**DIRECTIONS:** Below are entries to return in full. Keep each one exact.

**DATA:**
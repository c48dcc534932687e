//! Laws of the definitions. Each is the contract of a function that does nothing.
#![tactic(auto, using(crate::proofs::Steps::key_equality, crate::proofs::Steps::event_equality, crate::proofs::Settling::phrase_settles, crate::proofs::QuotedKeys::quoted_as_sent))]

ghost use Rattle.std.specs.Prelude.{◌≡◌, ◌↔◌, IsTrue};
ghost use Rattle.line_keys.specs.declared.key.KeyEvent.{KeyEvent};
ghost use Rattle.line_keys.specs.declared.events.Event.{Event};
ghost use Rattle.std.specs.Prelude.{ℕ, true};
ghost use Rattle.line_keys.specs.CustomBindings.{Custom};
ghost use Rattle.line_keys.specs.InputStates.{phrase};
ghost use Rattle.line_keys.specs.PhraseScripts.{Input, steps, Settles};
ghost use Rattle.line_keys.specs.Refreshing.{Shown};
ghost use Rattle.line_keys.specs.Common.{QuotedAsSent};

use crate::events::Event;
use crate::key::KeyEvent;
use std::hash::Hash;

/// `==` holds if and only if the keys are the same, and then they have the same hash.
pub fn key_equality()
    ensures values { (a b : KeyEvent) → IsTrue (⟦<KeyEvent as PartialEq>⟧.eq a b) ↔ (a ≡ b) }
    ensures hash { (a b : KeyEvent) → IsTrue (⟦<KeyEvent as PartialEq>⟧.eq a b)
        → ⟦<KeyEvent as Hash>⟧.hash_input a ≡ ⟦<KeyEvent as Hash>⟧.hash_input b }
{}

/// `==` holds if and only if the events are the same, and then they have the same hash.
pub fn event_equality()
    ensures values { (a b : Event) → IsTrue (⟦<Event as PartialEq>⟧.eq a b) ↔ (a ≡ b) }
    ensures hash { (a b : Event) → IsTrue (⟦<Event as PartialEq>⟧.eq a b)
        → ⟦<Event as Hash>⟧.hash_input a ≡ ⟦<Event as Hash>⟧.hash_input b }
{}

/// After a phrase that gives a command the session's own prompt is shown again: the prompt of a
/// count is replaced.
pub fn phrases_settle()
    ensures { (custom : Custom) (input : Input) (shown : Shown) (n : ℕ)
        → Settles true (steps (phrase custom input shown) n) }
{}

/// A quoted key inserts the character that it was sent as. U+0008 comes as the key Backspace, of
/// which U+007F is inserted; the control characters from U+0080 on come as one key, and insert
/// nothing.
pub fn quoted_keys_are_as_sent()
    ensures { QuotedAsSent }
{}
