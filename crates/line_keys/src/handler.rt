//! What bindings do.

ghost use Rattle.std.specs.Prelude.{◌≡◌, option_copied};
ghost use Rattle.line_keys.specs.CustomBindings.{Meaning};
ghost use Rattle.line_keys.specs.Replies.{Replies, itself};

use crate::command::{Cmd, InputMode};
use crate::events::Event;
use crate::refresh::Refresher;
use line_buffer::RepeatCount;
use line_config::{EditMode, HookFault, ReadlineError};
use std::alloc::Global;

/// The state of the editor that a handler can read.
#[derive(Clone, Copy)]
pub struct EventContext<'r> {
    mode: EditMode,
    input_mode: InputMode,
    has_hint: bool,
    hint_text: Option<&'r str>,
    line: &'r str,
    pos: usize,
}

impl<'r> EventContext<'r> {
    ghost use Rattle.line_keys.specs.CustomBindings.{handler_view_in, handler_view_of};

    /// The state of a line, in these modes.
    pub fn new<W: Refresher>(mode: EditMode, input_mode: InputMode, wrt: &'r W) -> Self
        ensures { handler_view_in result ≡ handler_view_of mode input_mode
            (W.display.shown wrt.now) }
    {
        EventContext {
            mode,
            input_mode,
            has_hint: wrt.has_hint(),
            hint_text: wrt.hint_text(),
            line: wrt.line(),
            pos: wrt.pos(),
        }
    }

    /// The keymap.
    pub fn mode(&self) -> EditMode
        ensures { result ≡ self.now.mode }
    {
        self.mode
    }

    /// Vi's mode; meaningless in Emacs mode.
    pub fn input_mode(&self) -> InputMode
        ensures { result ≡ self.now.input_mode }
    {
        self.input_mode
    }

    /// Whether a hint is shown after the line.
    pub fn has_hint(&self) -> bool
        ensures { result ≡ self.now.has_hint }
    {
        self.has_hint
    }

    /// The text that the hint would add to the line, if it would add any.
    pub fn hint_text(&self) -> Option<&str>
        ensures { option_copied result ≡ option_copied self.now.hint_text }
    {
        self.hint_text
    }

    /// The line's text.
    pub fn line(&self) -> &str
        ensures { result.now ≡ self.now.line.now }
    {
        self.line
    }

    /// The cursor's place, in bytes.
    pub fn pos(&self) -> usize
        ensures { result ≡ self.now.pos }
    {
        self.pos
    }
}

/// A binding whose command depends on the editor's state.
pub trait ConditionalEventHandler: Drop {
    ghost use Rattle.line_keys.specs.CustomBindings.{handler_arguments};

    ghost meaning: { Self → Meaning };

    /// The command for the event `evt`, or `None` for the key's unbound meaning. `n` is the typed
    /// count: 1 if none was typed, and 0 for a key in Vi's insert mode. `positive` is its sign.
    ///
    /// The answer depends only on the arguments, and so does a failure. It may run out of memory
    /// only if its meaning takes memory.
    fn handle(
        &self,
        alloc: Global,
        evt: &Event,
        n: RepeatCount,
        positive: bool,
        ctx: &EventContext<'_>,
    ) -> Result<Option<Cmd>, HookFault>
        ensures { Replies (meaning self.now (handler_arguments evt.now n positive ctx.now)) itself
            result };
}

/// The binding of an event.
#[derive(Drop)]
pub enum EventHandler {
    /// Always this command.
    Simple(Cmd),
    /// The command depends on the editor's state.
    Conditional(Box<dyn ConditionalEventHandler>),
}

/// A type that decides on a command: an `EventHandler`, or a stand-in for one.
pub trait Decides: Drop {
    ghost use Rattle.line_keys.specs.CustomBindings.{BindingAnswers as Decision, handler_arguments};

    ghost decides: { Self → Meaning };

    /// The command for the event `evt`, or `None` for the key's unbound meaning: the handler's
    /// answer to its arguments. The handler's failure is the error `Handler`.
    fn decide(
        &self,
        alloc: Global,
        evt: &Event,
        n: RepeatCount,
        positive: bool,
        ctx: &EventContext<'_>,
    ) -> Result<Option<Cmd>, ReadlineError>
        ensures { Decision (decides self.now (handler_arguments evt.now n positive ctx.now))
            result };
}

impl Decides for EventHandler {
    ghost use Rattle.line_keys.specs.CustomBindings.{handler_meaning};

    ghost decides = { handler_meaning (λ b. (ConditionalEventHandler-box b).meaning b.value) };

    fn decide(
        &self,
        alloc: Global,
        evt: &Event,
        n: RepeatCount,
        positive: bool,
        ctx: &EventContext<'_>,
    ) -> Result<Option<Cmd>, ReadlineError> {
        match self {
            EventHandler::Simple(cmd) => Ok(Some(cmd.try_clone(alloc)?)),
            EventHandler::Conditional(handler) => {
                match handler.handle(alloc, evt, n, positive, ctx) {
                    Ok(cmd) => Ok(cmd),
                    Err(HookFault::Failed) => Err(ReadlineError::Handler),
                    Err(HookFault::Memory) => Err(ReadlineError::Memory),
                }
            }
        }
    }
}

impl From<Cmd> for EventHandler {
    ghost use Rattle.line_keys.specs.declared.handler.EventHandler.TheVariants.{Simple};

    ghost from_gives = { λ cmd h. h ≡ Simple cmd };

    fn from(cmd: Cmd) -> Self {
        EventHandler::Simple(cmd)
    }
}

**WRITTEN REPLY:**
repository c48dcc534932687e
//! Laws of the definitions. Each is the contract of a function that does nothing.
#![tactic(auto, using(crate::proofs::Steps::key_equality, crate::proofs::Steps::event_equality, crate::proofs::Settling::phrase_settles, crate::proofs::QuotedKeys::quoted_as_sent))]

ghost use Rattle.std.specs.Prelude.{◌≡◌, ◌↔◌, IsTrue};
ghost use Rattle.line_keys.specs.declared.key.KeyEvent.{KeyEvent};
ghost use Rattle.line_keys.specs.declared.events.Event.{Event};
ghost use Rattle.std.specs.Prelude.{ℕ, true};
ghost use Rattle.line_keys.specs.CustomBindings.{Custom};
ghost use Rattle.line_keys.specs.InputStates.{phrase};
ghost use Rattle.line_keys.specs.PhraseScripts.{Input, steps, Settles};
ghost use Rattle.line_keys.specs.Refreshing.{Shown};
ghost use Rattle.line_keys.specs.Common.{QuotedAsSent};

use crate::events::Event;
use crate::key::KeyEvent;
use std::hash::Hash;

/// `==` holds if and only if the keys are the same, and then they have the same hash.
pub fn key_equality()
    ensures values { (a b : KeyEvent) → IsTrue (⟦<KeyEvent as PartialEq>⟧.eq a b) ↔ (a ≡ b) }
    ensures hash { (a b : KeyEvent) → IsTrue (⟦<KeyEvent as PartialEq>⟧.eq a b)
        → ⟦<KeyEvent as Hash>⟧.hash_input a ≡ ⟦<KeyEvent as Hash>⟧.hash_input b }
{}

/// `==` holds if and only if the events are the same, and then they have the same hash.
pub fn event_equality()
    ensures values { (a b : Event) → IsTrue (⟦<Event as PartialEq>⟧.eq a b) ↔ (a ≡ b) }
    ensures hash { (a b : Event) → IsTrue (⟦<Event as PartialEq>⟧.eq a b)
        → ⟦<Event as Hash>⟧.hash_input a ≡ ⟦<Event as Hash>⟧.hash_input b }
{}

/// After a phrase that gives a command the session's own prompt is shown again: the prompt of a
/// count is replaced.
pub fn phrases_settle()
    ensures { (custom : Custom) (input : Input) (shown : Shown) (n : ℕ)
        → Settles true (steps (phrase custom input shown) n) }
{}

/// A quoted key inserts the character that it was sent as. U+0008 comes as the key Backspace, of
/// which U+007F is inserted; the control characters from U+0080 on come as one key, and insert
/// nothing.
pub fn quoted_keys_are_as_sent()
    ensures { QuotedAsSent }
{}
filename crates/line_keys/src/handler.rt
//! What bindings do.

ghost use Rattle.std.specs.Prelude.{◌≡◌, option_copied};
ghost use Rattle.line_keys.specs.CustomBindings.{Meaning};
ghost use Rattle.line_keys.specs.Replies.{Replies, itself};

use crate::command::{Cmd, InputMode};
use crate::events::Event;
use crate::refresh::Refresher;
use line_buffer::RepeatCount;
use line_config::{EditMode, HookFault, ReadlineError};
use std::alloc::Global;

/// The state of the editor that a handler can read.
#[derive(Clone, Copy)]
pub struct EventContext<'r> {
    mode: EditMode,
    input_mode: InputMode,
    has_hint: bool,
    hint_text: Option<&'r str>,
    line: &'r str,
    pos: usize,
}

impl<'r> EventContext<'r> {
    ghost use Rattle.line_keys.specs.CustomBindings.{handler_view_in, handler_view_of};

    /// The state of a line, in these modes.
    pub fn new<W: Refresher>(mode: EditMode, input_mode: InputMode, wrt: &'r W) -> Self
        ensures { handler_view_in result ≡ handler_view_of mode input_mode
            (W.display.shown wrt.now) }
    {
        EventContext {
            mode,
            input_mode,
            has_hint: wrt.has_hint(),
            hint_text: wrt.hint_text(),
            line: wrt.line(),
            pos: wrt.pos(),
        }
    }

    /// The keymap.
    pub fn mode(&self) -> EditMode
        ensures { result ≡ self.now.mode }
    {
        self.mode
    }

    /// Vi's mode; meaningless in Emacs mode.
    pub fn input_mode(&self) -> InputMode
        ensures { result ≡ self.now.input_mode }
    {
        self.input_mode
    }

    /// Whether a hint is shown after the line.
    pub fn has_hint(&self) -> bool
        ensures { result ≡ self.now.has_hint }
    {
        self.has_hint
    }

    /// The text that the hint would add to the line, if it would add any.
    pub fn hint_text(&self) -> Option<&str>
        ensures { option_copied result ≡ option_copied self.now.hint_text }
    {
        self.hint_text
    }

    /// The line's text.
    pub fn line(&self) -> &str
        ensures { result.now ≡ self.now.line.now }
    {
        self.line
    }

    /// The cursor's place, in bytes.
    pub fn pos(&self) -> usize
        ensures { result ≡ self.now.pos }
    {
        self.pos
    }
}

/// A binding whose command depends on the editor's state.
pub trait ConditionalEventHandler: Drop {
    ghost use Rattle.line_keys.specs.CustomBindings.{handler_arguments};

    ghost meaning: { Self → Meaning };

    /// The command for the event `evt`, or `None` for the key's unbound meaning. `n` is the typed
    /// count: 1 if none was typed, and 0 for a key in Vi's insert mode. `positive` is its sign.
    ///
    /// The answer depends only on the arguments, and so does a failure. It may run out of memory
    /// only if its meaning takes memory.
    fn handle(
        &self,
        alloc: Global,
        evt: &Event,
        n: RepeatCount,
        positive: bool,
        ctx: &EventContext<'_>,
    ) -> Result<Option<Cmd>, HookFault>
        ensures { Replies (meaning self.now (handler_arguments evt.now n positive ctx.now)) itself
            result };
}

/// The binding of an event.
#[derive(Drop)]
pub enum EventHandler {
    /// Always this command.
    Simple(Cmd),
    /// The command depends on the editor's state.
    Conditional(Box<dyn ConditionalEventHandler>),
}

/// A type that decides on a command: an `EventHandler`, or a stand-in for one.
pub trait Decides: Drop {
    ghost use Rattle.line_keys.specs.CustomBindings.{BindingAnswers as Decision, handler_arguments};

    ghost decides: { Self → Meaning };

    /// The command for the event `evt`, or `None` for the key's unbound meaning: the handler's
    /// answer to its arguments. The handler's failure is the error `Handler`.
    fn decide(
        &self,
        alloc: Global,
        evt: &Event,
        n: RepeatCount,
        positive: bool,
        ctx: &EventContext<'_>,
    ) -> Result<Option<Cmd>, ReadlineError>
        ensures { Decision (decides self.now (handler_arguments evt.now n positive ctx.now))
            result };
}

impl Decides for EventHandler {
    ghost use Rattle.line_keys.specs.CustomBindings.{handler_meaning};

    ghost decides = { handler_meaning (λ b. (ConditionalEventHandler-box b).meaning b.value) };

    fn decide(
        &self,
        alloc: Global,
        evt: &Event,
        n: RepeatCount,
        positive: bool,
        ctx: &EventContext<'_>,
    ) -> Result<Option<Cmd>, ReadlineError> {
        match self {
            EventHandler::Simple(cmd) => Ok(Some(cmd.try_clone(alloc)?)),
            EventHandler::Conditional(handler) => {
                match handler.handle(alloc, evt, n, positive, ctx) {
                    Ok(cmd) => Ok(cmd),
                    Err(HookFault::Failed) => Err(ReadlineError::Handler),
                    Err(HookFault::Memory) => Err(ReadlineError::Memory),
                }
            }
        }
    }
}

impl From<Cmd> for EventHandler {
    ghost use Rattle.line_keys.specs.declared.handler.EventHandler.TheVariants.{Simple};

    ghost from_gives = { λ cmd h. h ≡ Simple cmd };

    fn from(cmd: Cmd) -> Self {
        EventHandler::Simple(cmd)
    }
}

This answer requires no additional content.